Theorem 1 Let D be a digraph of order n. There exists an injection D→ D′ which associates with D a fully irregular digraph D′ of order n+2⎡√n  ⎤ such that D is an induced subdigraph of D′ and such that deleting all arcs of D from D′ results in an oriented graph.

Proof. Let V = {v₁,…, v_n} be the vertex set of D. Let t = ⎡√n  ⎤-1.Consider two disjoint linearly ordered sets U and W which comprise altogether 2(t+1) new vertices respectively u_i and w_i, which are ordered by increasing subscripts i, i = 0,1, …,t. Let B be the bipartite digraph whose vertex set is U∪W and all arcs are of the form (w_j, u_i) for each i ∈ {0,1,…,t−j} where j = 0,1,…,t. Let D′ be a digraph of order n+2t+2 which includes disjoint digraphs D and B, all arcs both from V to u₀ and from w₀ to V, and possibly arcs (v,u_i) and/or (w_i,v) where v ∈ V and, moreover, the neighbours of any such v both in U and W make up precisely initial segments of U and W, respectively. Hence the outdegrees and indegrees of vertices from U and W, respectively, are all zero. Therefore the two obligatory arcs (v,u₀) and (w₀,v) for each vertex v of D enable us to identify D as the subdigraph of D′ induced by all vertices whose outdegrees and indegrees are all positive.

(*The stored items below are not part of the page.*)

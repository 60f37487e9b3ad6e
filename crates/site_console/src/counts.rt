// What is counted of a run, by its command.
use crate::config_place::plan_again;
use bit_slice::OutOfMemory;
use desk_watch::RunCounts;
use plp_config::Plan;
use site_top::{Outcome, Request};
use std::alloc::Global;
use std::fs::Files;
use std::io::{self, Eprint};

// The configuration of a command of which something is counted.
fn config_of(request: Request<'_>) -> Option<&str> {
    match request {
        Request::Gateway { config, .. }
        | Request::CommonGateway { config, .. }
        | Request::Modulate { config, .. }
        | Request::Receive { config, .. }
        | Request::CommonReceive { config, .. }
        | Request::Merge { config, .. }
        | Request::Mend { config, .. }
        | Request::Swap { config, .. }
        | Request::Compare { config, .. } => Some(config),
        _ => None,
    }
}

/// The plan of such a command, if its configuration can be read again.
pub fn plan_of(rt: &(impl Files + AllocGlobal), request: Option<Request<'_>>) -> Option<Plan> {
    plan_again(rt, config_of(request?)?)
}

fn open<'a>(
    alloc: Global,
    request: Request<'a>,
    plan: Option<&'a Plan>,
) -> Result<RunCounts<'a>, OutOfMemory> {
    match request {
        Request::Gateway { ins, .. } => RunCounts::of_gateway(alloc, plan, ins, false),
        Request::CommonGateway { ins, .. } => RunCounts::of_gateway(alloc, plan, ins, true),
        Request::Modulate { input, .. } => RunCounts::of_modulate(alloc, plan, input),
        Request::Receive { plp_id, input, .. } => RunCounts::of_receive(
            alloc, plan, plp_id, false, input,
        ),
        Request::CommonReceive { plp_id, input, .. } => RunCounts::of_receive(
            alloc, plan, plp_id, true, input,
        ),
        Request::Merge { a, b, .. } => RunCounts::of_merge(alloc, plan, a, b),
        Request::Mend { ins, .. } => RunCounts::of_mend(alloc, plan, ins),
        Request::Swap {
            plp_id,
            t2mi,
            input,
            ..
        } => RunCounts::of_swap(alloc, plan, plp_id, t2mi, input),
        Request::Compare { a, b, .. } => RunCounts::of_compare(alloc, plan, a, b),
        _ => Ok(RunCounts::none(alloc)),
    }
}

/// What is counted of a command. Nothing is, if there is no memory for it.
pub fn counts_of<'a>(
    alloc: Global,
    request: Option<Request<'a>>,
    plan: Option<&'a Plan>,
) -> RunCounts<'a> {
    let opened = match request {
        Some(request) => open(alloc, request, plan),
        None => Ok(RunCounts::none(alloc)),
    };
    match opened {
        Ok(counts) => counts,
        Err(_) => RunCounts::none(alloc),
    }
}

/// Says what was counted of a run that ended so.
pub fn say_counts(rt: &impl Eprint, counts: &RunCounts<'_>, outcome: Outcome) -> io::Result<()> {
    match outcome {
        Outcome::Done | Outcome::Differs { .. } => counts.say_done(rt),
        Outcome::NoSuperframe => counts.say_none(rt),
        _ => Ok(()),
    }
}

     For any vertex v of D the optional arcs (possibly none) from v to a segment of U can be chosen in t+1 ways. The same is the number of choices for remaining optional arcs from a segment of W to v. Thus the degree pair in D′ of each vertex v can be any of some (t+1)²   ( ≥ n) points in the plane integral lattice. Therefore distinct degree pairs in D′ for all n vertices of D can be designed and realized. The construction associates mutually distinct degree pairs with all remaining vertices, too. Therefore a required injection exists.